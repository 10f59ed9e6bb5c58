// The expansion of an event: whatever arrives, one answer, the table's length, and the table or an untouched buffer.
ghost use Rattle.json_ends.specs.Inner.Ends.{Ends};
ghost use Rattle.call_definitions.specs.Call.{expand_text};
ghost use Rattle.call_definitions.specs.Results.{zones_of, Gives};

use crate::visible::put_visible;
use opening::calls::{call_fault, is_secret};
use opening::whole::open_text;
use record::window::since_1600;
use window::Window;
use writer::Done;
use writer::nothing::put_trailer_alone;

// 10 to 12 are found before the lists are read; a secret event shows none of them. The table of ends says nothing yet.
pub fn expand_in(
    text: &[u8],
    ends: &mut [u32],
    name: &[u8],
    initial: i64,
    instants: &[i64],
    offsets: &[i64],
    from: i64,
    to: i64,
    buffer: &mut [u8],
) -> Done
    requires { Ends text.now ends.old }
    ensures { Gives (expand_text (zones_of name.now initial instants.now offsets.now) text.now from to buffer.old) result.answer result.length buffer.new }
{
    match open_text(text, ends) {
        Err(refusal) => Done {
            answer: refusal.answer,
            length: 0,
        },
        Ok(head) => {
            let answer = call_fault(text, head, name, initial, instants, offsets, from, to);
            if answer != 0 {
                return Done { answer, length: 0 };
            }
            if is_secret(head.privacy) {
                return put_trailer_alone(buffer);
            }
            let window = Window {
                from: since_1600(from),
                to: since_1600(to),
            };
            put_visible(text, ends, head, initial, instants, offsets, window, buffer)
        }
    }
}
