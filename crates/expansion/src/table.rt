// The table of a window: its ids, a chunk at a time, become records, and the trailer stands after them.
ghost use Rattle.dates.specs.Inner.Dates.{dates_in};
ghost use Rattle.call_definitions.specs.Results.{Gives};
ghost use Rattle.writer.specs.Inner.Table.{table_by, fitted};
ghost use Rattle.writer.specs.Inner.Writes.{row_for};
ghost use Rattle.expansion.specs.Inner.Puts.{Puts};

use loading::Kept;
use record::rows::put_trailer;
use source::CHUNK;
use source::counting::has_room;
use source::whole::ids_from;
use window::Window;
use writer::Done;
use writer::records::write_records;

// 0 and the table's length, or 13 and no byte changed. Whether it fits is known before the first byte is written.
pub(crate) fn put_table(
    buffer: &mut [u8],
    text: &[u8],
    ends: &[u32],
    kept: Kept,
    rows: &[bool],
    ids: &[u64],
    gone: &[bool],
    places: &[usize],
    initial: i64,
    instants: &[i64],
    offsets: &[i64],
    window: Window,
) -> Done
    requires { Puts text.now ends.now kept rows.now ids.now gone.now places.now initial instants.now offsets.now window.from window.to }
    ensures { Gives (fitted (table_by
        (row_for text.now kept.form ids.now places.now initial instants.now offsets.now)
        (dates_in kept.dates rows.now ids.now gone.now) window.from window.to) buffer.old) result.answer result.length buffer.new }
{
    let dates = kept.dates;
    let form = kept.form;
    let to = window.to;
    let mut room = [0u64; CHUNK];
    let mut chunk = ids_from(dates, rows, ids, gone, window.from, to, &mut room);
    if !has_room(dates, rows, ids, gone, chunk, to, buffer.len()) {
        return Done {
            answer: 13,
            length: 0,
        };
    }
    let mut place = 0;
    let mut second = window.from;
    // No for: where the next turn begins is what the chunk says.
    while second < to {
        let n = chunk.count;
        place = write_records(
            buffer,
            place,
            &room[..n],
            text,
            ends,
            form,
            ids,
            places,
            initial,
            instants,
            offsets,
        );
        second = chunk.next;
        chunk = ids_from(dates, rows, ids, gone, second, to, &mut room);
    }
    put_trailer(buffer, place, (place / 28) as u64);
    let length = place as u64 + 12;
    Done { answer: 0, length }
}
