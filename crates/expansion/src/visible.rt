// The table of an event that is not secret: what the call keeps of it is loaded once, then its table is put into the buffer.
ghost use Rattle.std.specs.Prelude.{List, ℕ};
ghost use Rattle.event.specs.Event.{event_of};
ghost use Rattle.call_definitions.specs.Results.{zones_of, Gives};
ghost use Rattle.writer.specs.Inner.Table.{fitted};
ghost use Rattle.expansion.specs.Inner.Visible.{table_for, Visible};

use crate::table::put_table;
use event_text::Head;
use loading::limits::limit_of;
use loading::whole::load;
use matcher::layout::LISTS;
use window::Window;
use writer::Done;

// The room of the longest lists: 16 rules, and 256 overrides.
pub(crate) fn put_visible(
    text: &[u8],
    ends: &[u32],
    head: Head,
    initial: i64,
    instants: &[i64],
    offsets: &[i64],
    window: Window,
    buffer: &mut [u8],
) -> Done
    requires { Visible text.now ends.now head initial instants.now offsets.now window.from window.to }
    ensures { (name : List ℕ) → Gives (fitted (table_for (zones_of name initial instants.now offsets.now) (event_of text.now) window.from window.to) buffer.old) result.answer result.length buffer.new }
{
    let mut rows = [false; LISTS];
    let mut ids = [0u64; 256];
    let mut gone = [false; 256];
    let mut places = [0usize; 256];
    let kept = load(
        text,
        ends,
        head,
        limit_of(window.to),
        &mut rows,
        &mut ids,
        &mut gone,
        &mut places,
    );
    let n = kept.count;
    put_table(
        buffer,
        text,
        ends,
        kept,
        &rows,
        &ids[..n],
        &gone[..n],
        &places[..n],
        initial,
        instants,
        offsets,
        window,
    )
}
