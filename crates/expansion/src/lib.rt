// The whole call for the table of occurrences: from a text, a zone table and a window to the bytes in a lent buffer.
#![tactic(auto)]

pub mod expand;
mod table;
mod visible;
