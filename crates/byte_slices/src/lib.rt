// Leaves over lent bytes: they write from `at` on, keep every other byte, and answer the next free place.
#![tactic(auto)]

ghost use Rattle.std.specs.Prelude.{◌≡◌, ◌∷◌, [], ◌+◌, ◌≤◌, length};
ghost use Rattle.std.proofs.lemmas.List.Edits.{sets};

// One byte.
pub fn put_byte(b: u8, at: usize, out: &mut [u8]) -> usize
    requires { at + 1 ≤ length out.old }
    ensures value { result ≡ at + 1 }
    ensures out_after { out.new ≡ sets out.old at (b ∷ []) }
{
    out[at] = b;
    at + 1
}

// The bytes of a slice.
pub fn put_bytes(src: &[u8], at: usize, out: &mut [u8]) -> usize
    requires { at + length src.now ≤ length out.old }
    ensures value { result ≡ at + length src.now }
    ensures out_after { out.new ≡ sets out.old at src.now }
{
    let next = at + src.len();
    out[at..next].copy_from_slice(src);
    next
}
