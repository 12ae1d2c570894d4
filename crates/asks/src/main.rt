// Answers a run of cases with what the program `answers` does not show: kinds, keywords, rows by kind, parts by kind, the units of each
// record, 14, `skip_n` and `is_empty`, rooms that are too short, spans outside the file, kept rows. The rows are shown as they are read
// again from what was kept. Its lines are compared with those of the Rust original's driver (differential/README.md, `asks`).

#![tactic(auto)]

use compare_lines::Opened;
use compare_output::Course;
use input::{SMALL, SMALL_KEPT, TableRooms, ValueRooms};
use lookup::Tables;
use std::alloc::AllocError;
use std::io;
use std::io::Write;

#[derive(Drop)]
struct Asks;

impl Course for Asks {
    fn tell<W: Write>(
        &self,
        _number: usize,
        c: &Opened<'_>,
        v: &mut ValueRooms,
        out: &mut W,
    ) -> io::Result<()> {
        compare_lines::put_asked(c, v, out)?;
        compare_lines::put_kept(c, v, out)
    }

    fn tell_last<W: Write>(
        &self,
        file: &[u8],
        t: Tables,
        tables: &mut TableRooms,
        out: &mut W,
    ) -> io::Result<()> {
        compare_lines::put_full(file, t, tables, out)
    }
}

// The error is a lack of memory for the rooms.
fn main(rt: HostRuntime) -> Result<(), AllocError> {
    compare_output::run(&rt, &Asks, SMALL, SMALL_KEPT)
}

▶ [PROBLEM REQUIREMENTS]: Please transcribe the records in full, keeping every word as it is.

▶ [REPLY TO THE EXERCISE]:
repository 10f59ed9e6bb5c58
// The expansion of an event: whatever arrives, one answer, the table's length, and the table or an untouched buffer.
ghost use Rattle.json_ends.specs.Inner.Ends.{Ends};
ghost use Rattle.call_definitions.specs.Call.{expand_text};
ghost use Rattle.call_definitions.specs.Results.{zones_of, Gives};

use crate::visible::put_visible;
use opening::calls::{call_fault, is_secret};
use opening::whole::open_text;
use record::window::since_1600;
use window::Window;
use writer::Done;
use writer::nothing::put_trailer_alone;

// 10 to 12 are found before the lists are read; a secret event shows none of them. The table of ends says nothing yet.
pub fn expand_in(
    text: &[u8],
    ends: &mut [u32],
    name: &[u8],
    initial: i64,
    instants: &[i64],
    offsets: &[i64],
    from: i64,
    to: i64,
    buffer: &mut [u8],
) -> Done
    requires { Ends text.now ends.old }
    ensures { Gives (expand_text (zones_of name.now initial instants.now offsets.now) text.now from to buffer.old) result.answer result.length buffer.new }
{
    match open_text(text, ends) {
        Err(refusal) => Done {
            answer: refusal.answer,
            length: 0,
        },
        Ok(head) => {
            let answer = call_fault(text, head, name, initial, instants, offsets, from, to);
            if answer != 0 {
                return Done { answer, length: 0 };
            }
            if is_secret(head.privacy) {
                return put_trailer_alone(buffer);
            }
            let window = Window {
                from: since_1600(from),
                to: since_1600(to),
            };
            put_visible(text, ends, head, initial, instants, offsets, window, buffer)
        }
    }
}
filename crates/expansion/src/table.rt
// The table of a window: its ids, a chunk at a time, become records, and the trailer stands after them.
ghost use Rattle.dates.specs.Inner.Dates.{dates_in};
ghost use Rattle.call_definitions.specs.Results.{Gives};
ghost use Rattle.writer.specs.Inner.Table.{table_by, fitted};
ghost use Rattle.writer.specs.Inner.Writes.{row_for};
ghost use Rattle.expansion.specs.Inner.Puts.{Puts};

use loading::Kept;
use record::rows::put_trailer;
use source::CHUNK;
use source::counting::has_room;
use source::whole::ids_from;
use window::Window;
use writer::Done;
use writer::records::write_records;

// 0 and the table's length, or 13 and no byte changed. Whether it fits is known before the first byte is written.
pub(crate) fn put_table(
    buffer: &mut [u8],
    text: &[u8],
    ends: &[u32],
    kept: Kept,
    rows: &[bool],
    ids: &[u64],
    gone: &[bool],
    places: &[usize],
    initial: i64,
    instants: &[i64],
    offsets: &[i64],
    window: Window,
) -> Done
    requires { Puts text.now ends.now kept rows.now ids.now gone.now places.now initial instants.now offsets.now window.from window.to }
    ensures { Gives (fitted (table_by
        (row_for text.now kept.form ids.now places.now initial instants.now offsets.now)
        (dates_in kept.dates rows.now ids.now gone.now) window.from window.to) buffer.old) result.answer result.length buffer.new }
{
    let dates = kept.dates;
    let form = kept.form;
    let to = window.to;
    let mut room = [0u64; CHUNK];
    let mut chunk = ids_from(dates, rows, ids, gone, window.from, to, &mut room);
    if !has_room(dates, rows, ids, gone, chunk, to, buffer.len()) {
        return Done {
            answer: 13,
            length: 0,
        };
    }
    let mut place = 0;
    let mut second = window.from;
    // No for: where the next turn begins is what the chunk says.
    while second < to {
        let n = chunk.count;
        place = write_records(
            buffer,
            place,
            &room[..n],
            text,
            ends,
            form,
            ids,
            places,
            initial,
            instants,
            offsets,
        );
        second = chunk.next;
        chunk = ids_from(dates, rows, ids, gone, second, to, &mut room);
    }
    put_trailer(buffer, place, (place / 28) as u64);
    let length = place as u64 + 12;
    Done { answer: 0, length }
}
filename crates/expansion/src/visible.rt
// The table of an event that is not secret: what the call keeps of it is loaded once, then its table is put into the buffer.
ghost use Rattle.std.specs.Prelude.{List, ℕ};
ghost use Rattle.event.specs.Event.{event_of};
ghost use Rattle.call_definitions.specs.Results.{zones_of, Gives};
ghost use Rattle.writer.specs.Inner.Table.{fitted};
ghost use Rattle.expansion.specs.Inner.Visible.{table_for, Visible};

use crate::table::put_table;
use event_text::Head;
use loading::limits::limit_of;
use loading::whole::load;
use matcher::layout::LISTS;
use window::Window;
use writer::Done;

// The room of the longest lists: 16 rules, and 256 overrides.
pub(crate) fn put_visible(
    text: &[u8],
    ends: &[u32],
    head: Head,
    initial: i64,
    instants: &[i64],
    offsets: &[i64],
    window: Window,
    buffer: &mut [u8],
) -> Done
    requires { Visible text.now ends.now head initial instants.now offsets.now window.from window.to }
    ensures { (name : List ℕ) → Gives (fitted (table_for (zones_of name initial instants.now offsets.now) (event_of text.now) window.from window.to) buffer.old) result.answer result.length buffer.new }
{
    let mut rows = [false; LISTS];
    let mut ids = [0u64; 256];
    let mut gone = [false; 256];
    let mut places = [0usize; 256];
    let kept = load(
        text,
        ends,
        head,
        limit_of(window.to),
        &mut rows,
        &mut ids,
        &mut gone,
        &mut places,
    );
    let n = kept.count;
    put_table(
        buffer,
        text,
        ends,
        kept,
        &rows,
        &ids[..n],
        &gone[..n],
        &places[..n],
        initial,
        instants,
        offsets,
        window,
    )
}
filename crates/expansion/src/lib.rt
// The whole call for the table of occurrences: from a text, a zone table and a window to the bytes in a lent buffer.
#![tactic(auto)]

pub mod expand;
mod table;
mod visible;
filename crates/byte_slices/src/lib.rt
// Leaves over lent bytes: they write from `at` on, keep every other byte, and answer the next free place.
#![tactic(auto)]

ghost use Rattle.std.specs.Prelude.{◌≡◌, ◌∷◌, [], ◌+◌, ◌≤◌, length};
ghost use Rattle.std.proofs.lemmas.List.Edits.{sets};

// One byte.
pub fn put_byte(b: u8, at: usize, out: &mut [u8]) -> usize
    requires { at + 1 ≤ length out.old }
    ensures value { result ≡ at + 1 }
    ensures out_after { out.new ≡ sets out.old at (b ∷ []) }
{
    out[at] = b;
    at + 1
}

// The bytes of a slice.
pub fn put_bytes(src: &[u8], at: usize, out: &mut [u8]) -> usize
    requires { at + length src.now ≤ length out.old }
    ensures value { result ≡ at + length src.now }
    ensures out_after { out.new ≡ sets out.old at src.now }
{
    let next = at + src.len();
    out[at..next].copy_from_slice(src);
    next
}
repository 12ae1d2c570894d4
filename crates/asks/src/main.rt
// Answers a run of cases with what the program `answers` does not show: kinds, keywords, rows by kind, parts by kind, the units of each
// record, 14, `skip_n` and `is_empty`, rooms that are too short, spans outside the file, kept rows. The rows are shown as they are read
// again from what was kept. Its lines are compared with those of the Rust original's driver (differential/README.md, `asks`).

#![tactic(auto)]

use compare_lines::Opened;
use compare_output::Course;
use input::{SMALL, SMALL_KEPT, TableRooms, ValueRooms};
use lookup::Tables;
use std::alloc::AllocError;
use std::io;
use std::io::Write;

#[derive(Drop)]
struct Asks;

impl Course for Asks {
    fn tell<W: Write>(
        &self,
        _number: usize,
        c: &Opened<'_>,
        v: &mut ValueRooms,
        out: &mut W,
    ) -> io::Result<()> {
        compare_lines::put_asked(c, v, out)?;
        compare_lines::put_kept(c, v, out)
    }

    fn tell_last<W: Write>(
        &self,
        file: &[u8],
        t: Tables,
        tables: &mut TableRooms,
        out: &mut W,
    ) -> io::Result<()> {
        compare_lines::put_full(file, t, tables, out)
    }
}

// The error is a lack of memory for the rooms.
fn main(rt: HostRuntime) -> Result<(), AllocError> {
    compare_output::run(&rt, &Asks, SMALL, SMALL_KEPT)
}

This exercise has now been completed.